▶ Working data
---------------
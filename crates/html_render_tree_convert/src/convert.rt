//! Conversion of a document into a render tree.

ghost use Rattle.std.specs.Prelude.{◌≡◌, IfErr, IfOk, None, OnOk, Some, map, true};
ghost use Rattle.html_render_dom_styles.specs.Rules.{rule_of};
ghost use Rattle.html_render_parts.specs.Refusal.{Builds, Makes};
ghost use Rattle.html_render_dom.specs.Dom.{IsForest, IsNode, tree_of};
ghost use Rattle.html_render_dom.specs.RuleIndex.{Finds};
ghost use Rattle.html_render_tree_convert.specs.Plans.{plan_at};
ghost use Rattle.html_render_tree_convert.specs.Results.{render_tree_of};
ghost use Rattle.html_render_tree_convert.specs.Events.{element_events, nothing_inside};
ghost use Rattle.html_render_tree_convert.specs.KnownElements.{known_element, named_plan, plain_cell, plain_plan};
ghost use Rattle.html_render_tree_convert.specs.Steps.{converted, run};
ghost use Rattle.html_render_tree_convert.specs.Visits.{done_at_once, first_pick, followed};

use crate::conversion::Conversion;
use crate::mapping::{ElementKind, IfEmpty, Mapping};
use crate::plans::{
    Element, KnownElement, Plan, is_plain_cell, known_name, plain_mapping, plain_name, plan_of,
    text_at,
};
use crate::tables::{CellSpan, Part};
use html_render_dom::dom::{Handle, RcDom};
use html_render_dom::style::{RuleIndex, StyleRule};
use html_render_dom_values::Error;
use html_render_layout_nodes::tree::{Entry, NodeStyle, PreorderForest, RenderNode};
use html_render_tree_walk::cursor::{Cursor, Pick, Visit};
use std::alloc::{AllocError, Global};

/// Returns the children that come first in an element.
fn first_pick(kind: &ElementKind) -> Pick
    ensures { result ≡ first_pick kind.now }
{
    match kind {
        ElementKind::Part(Part::Table) => Pick::Captions,
        _ => Pick::All,
    }
}

/// Opens an element and closes it, without its children.
///
/// # Errors
///
/// Those of [`Conversion::close`].
fn convert_alone(alloc: Global, element: Element, conversion: &mut Conversion) -> Result<(), Error>
    ensures { Makes result (run (element_events element nothing_inside) conversion.old) conversion.new }
{
    let pick = first_pick(&element.kind);
    conversion.open(alloc, element)?;
    if let Pick::Captions = pick {
        conversion.part(alloc)?;
    }
    conversion.close(alloc)
}

/// Converts a node of a plan as far as can be without its children, which come next if they are converted.
///
/// # Errors
///
/// Those of [`Conversion::close`].
fn follow(
    alloc: Global,
    plan: Plan,
    node: Handle,
    cursor: &mut Cursor,
    conversion: &mut Conversion,
) -> Result<(), Error>
    ensures done { Makes result (run (done_at_once plan) conversion.old) conversion.new }
    ensures cursor { OnOk result (cursor.new ≡ followed plan node cursor.old) }
{
    match plan {
        Plan::Nothing => Ok(()),
        Plan::Alone(alone) => Ok(conversion.put(alone)?),
        Plan::Over {
            element,
            has_children,
        } => {
            if !has_children {
                return convert_alone(alloc, element, conversion);
            }
            let pick = first_pick(&element.kind);
            conversion.open(alloc, element)?;
            cursor.enter(node, pick)?;
            Ok(())
        }
    }
}

/// Opens an element whose plan is known by its name. Its children come next.
#[inline(always)]
fn enter(
    known: KnownElement<'_>,
    node: Handle,
    cursor: &mut Cursor,
    conversion: &mut Conversion,
) -> Result<(), AllocError>
    ensures ok { OnOk result (run (done_at_once (Plan.Over (known_element known.entry) true)) conversion.old ≡ Some conversion.new) }
    ensures cursor { OnOk result (cursor.new ≡ followed (Plan.Over (known_element known.entry) true) node cursor.old) }
{
    let KnownElement {
        kind,
        if_empty,
        style,
    } = known;
    let pick = first_pick(&kind);
    match style {
        None => {
            let alloc = conversion.allocator();
            conversion.open_plain(alloc, kind, NodeStyle::default(), if_empty)?
        }
        Some(style) => conversion.open_styled(kind, if_empty, style)?,
    }
    cursor.enter(node, pick)
}

/// Opens a cell of one column and one row that has no style and inserts nothing. Its children come next.
#[inline(always)]
fn enter_cell(
    node: Handle,
    cursor: &mut Cursor,
    conversion: &mut Conversion,
) -> Result<(), AllocError>
    ensures ok { OnOk result (run (done_at_once (Plan.Over plain_cell true)) conversion.old ≡ Some conversion.new) }
    ensures cursor { OnOk result (cursor.new ≡ followed (Plan.Over plain_cell true) node cursor.old) }
{
    let alloc = conversion.allocator();
    let span = CellSpan {
        colspan: 1,
        rowspan: 1,
    };
    let cell = ElementKind::Part(Part::Cell(span));
    conversion.open_plain(alloc, cell, NodeStyle::default(), IfEmpty::Stands)?;
    cursor.enter(node, Pick::All)
}

/// Converts a node of this mapping that inserts nothing and has no style, as far as can be without its children, which come next
/// if they are converted.
#[inline(always)]
fn convert_plain(
    mapping: Mapping,
    node: Handle,
    cursor: &mut Cursor,
    conversion: &mut Conversion,
) -> Result<(), AllocError>
    ensures ok { OnOk result (run (done_at_once (plain_plan mapping)) conversion.old ≡ Some conversion.new) }
    ensures cursor { OnOk result (cursor.new ≡ followed (plain_plan mapping) node cursor.old) }
{
    match mapping {
        Mapping::Nothing => Ok(()),
        Mapping::Leaf(kind) => conversion.put(RenderNode::from(kind)),
        Mapping::Parent(kind, if_empty) => {
            let alloc = conversion.allocator();
            let pick = first_pick(&kind);
            conversion.open_plain(alloc, kind, NodeStyle::default(), if_empty)?;
            cursor.enter(node, pick)
        }
    }
}

/// Converts a node by its plan as far as can be without its children, which come next if they are converted.
///
/// # Errors
///
/// Those of [`Conversion::close`].
#[inline(never)]
fn convert_planned(
    rules: &[StyleRule],
    index: &RuleIndex,
    dom: &RcDom,
    node: Handle,
    cursor: &mut Cursor,
    conversion: &mut Conversion,
) -> Result<(), Error>
    requires index { Finds index.now (map rule_of rules.now) }
    requires forest { IsForest dom.now }
    requires node { IsNode dom.now node }
    ensures done { Makes result (run (done_at_once (plan_at (map rule_of rules.now) dom.now node)) conversion.old) conversion.new }
    ensures cursor { OnOk result (cursor.new ≡ followed (plan_at (map rule_of rules.now) dom.now node) node cursor.old) }
{
    let alloc = conversion.allocator();
    let plan = plan_of(alloc, rules, index, dom, node)?;
    follow(alloc, plan, node, cursor, conversion)
}

/// Converts a node as far as can be without its children, which come next if they are converted. Elements without a mark and
/// without a style need no plan.
///
/// # Errors
///
/// Those of [`Conversion::close`].
#[inline(never)]
fn convert_other(
    rules: &[StyleRule],
    index: &RuleIndex,
    dom: &RcDom,
    node: Handle,
    cursor: &mut Cursor,
    conversion: &mut Conversion,
) -> Result<(), Error>
    requires index { Finds index.now (map rule_of rules.now) }
    requires forest { IsForest dom.now }
    requires node { IsNode dom.now node }
    ensures done { Makes result (run (done_at_once (plan_at (map rule_of rules.now) dom.now node)) conversion.old) conversion.new }
    ensures cursor { OnOk result (cursor.new ≡ followed (plan_at (map rule_of rules.now) dom.now node) node cursor.old) }
{
    let alloc = conversion.allocator();
    if let Some(mapping) = plain_mapping(alloc, rules, index, dom, node)? {
        return Ok(convert_plain(mapping, node, cursor, conversion)?);
    }
    convert_planned(rules, index, dom, node, cursor, conversion)
}

/// Converts an element of HTML without attributes, by its local name, as far as can be without its children, which come next if
/// they are converted.
///
/// # Errors
///
/// Those of [`Conversion::close`].
#[inline(never)]
fn convert_named(
    rules: &[StyleRule],
    index: &RuleIndex,
    dom: &RcDom,
    node: Handle,
    name: &str,
    cursor: &mut Cursor,
    conversion: &mut Conversion,
) -> Result<(), Error>
    requires index { Finds index.now (map rule_of rules.now) }
    requires forest { IsForest dom.now }
    requires node { IsNode dom.now node }
    requires name { plan_at (map rule_of rules.now) dom.now node ≡ named_plan (map rule_of rules.now) name.now }
    ensures done { Makes result (run (done_at_once (plan_at (map rule_of rules.now) dom.now node)) conversion.old) conversion.new }
    ensures cursor { OnOk result (cursor.new ≡ followed (plan_at (map rule_of rules.now) dom.now node) node cursor.old) }
{
    if let Some(known) = known_name(rules, index, name) {
        return Ok(enter(known, node, cursor, conversion)?);
    }
    convert_other(rules, index, dom, node, cursor, conversion)
}

/// Converts a node as far as can be without its children, which come next if they are converted. Texts, and elements without
/// attributes, take the shortest way, since most nodes are these.
///
/// # Errors
///
/// Those of [`Conversion::close`].
#[inline(always)]
fn convert_node(
    rules: &[StyleRule],
    index: &RuleIndex,
    dom: &RcDom,
    node: Handle,
    cursor: &mut Cursor,
    conversion: &mut Conversion,
) -> Result<(), Error>
    requires index { Finds index.now (map rule_of rules.now) }
    requires forest { IsForest dom.now }
    requires node { IsNode dom.now node }
    ensures done { Makes result (run (done_at_once (plan_at (map rule_of rules.now) dom.now node)) conversion.old) conversion.new }
    ensures cursor { OnOk result (cursor.new ≡ followed (plan_at (map rule_of rules.now) dom.now node) node cursor.old) }
{
    if let Some(text) = text_at(dom, node) {
        return Ok(conversion.put_text(text)?);
    }
    if let Some(name) = plain_name(dom, node) {
        if is_plain_cell(rules, index, name) {
            return Ok(enter_cell(node, cursor, conversion)?);
        }
        return convert_named(rules, index, dom, node, name, cursor, conversion);
    }
    convert_other(rules, index, dom, node, cursor, conversion)
}

/// Returns the nodes of a document in pre-order. It takes no more stack for a deep document than for a flat one.
///
/// # Errors
///
/// `Fail` exactly if a cell of a table ends after column or row `u128::MAX`, or a part of a table is in no table, and
/// `OutOfMemory` if an allocation is refused.
fn entries_of(
    alloc: Global,
    rules: &[StyleRule],
    dom: &RcDom,
) -> Result<Vec<Entry<RenderNode>>, Error>
    ensures { Builds result (converted (map rule_of rules.now) (tree_of dom.now 0)) (λ entries. entries.items) }
{
    let index = RuleIndex::of(alloc, rules)?;
    let mut cursor = Cursor::new(alloc);
    let mut conversion = Conversion::new(alloc, dom.node_count())?;
    convert_other(
        rules,
        &index,
        dom,
        dom.get_document(),
        &mut cursor,
        &mut conversion,
    )?;
    'visits: while let Some(visit) = cursor.next(dom) {
        match visit {
            Visit::Node(node) => {
                convert_node(rules, &index, dom, node, &mut cursor, &mut conversion)?
            }
            Visit::Parts => conversion.part(alloc)?,
            Visit::Close => conversion.close(alloc)?,
        }
    }
    conversion.into_entries()
}

/// Converts a document into its render tree. Its elements are styled by rules in the order in which these were added.
///
/// # Errors
///
/// `Fail` exactly if a cell of a table ends after column or row `u128::MAX`, or a part of a table is in no table, and
/// `OutOfMemory` if an allocation is refused.
pub fn dom_to_render_tree(
    alloc: Global,
    rules: &[StyleRule],
    dom: &RcDom,
) -> Result<PreorderForest<RenderNode>, Error>
    ensures { Builds result (render_tree_of (map rule_of rules.now) dom.now) (λ tree. tree) }
{
    let entries = entries_of(alloc, rules, dom)?;
    Ok(PreorderForest::from_entries(entries))
}

/// Converts a document that is given away, as [`dom_to_render_tree`] does.
///
/// # Errors
///
/// Those of [`dom_to_render_tree`].
pub fn dom_into_render_tree(
    alloc: Global,
    rules: &[StyleRule],
    dom: RcDom,
) -> Result<PreorderForest<RenderNode>, Error>
    ensures { Builds result (render_tree_of (map rule_of rules.now) dom) (λ tree. tree) }
{
    dom_to_render_tree(alloc, rules, &dom)
}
---------------
▶ What to work on
Write out each line exactly, beginning at the one with "rule_of rules.now) dom)" and ending at the final line of the records above, with nothing added.

▶ Solution for this problem
    ensures { Builds result (render_tree_of (map rule_of rules.now) dom) (λ tree. tree) }
{
    dom_to_render_tree(alloc, rules, &dom)
}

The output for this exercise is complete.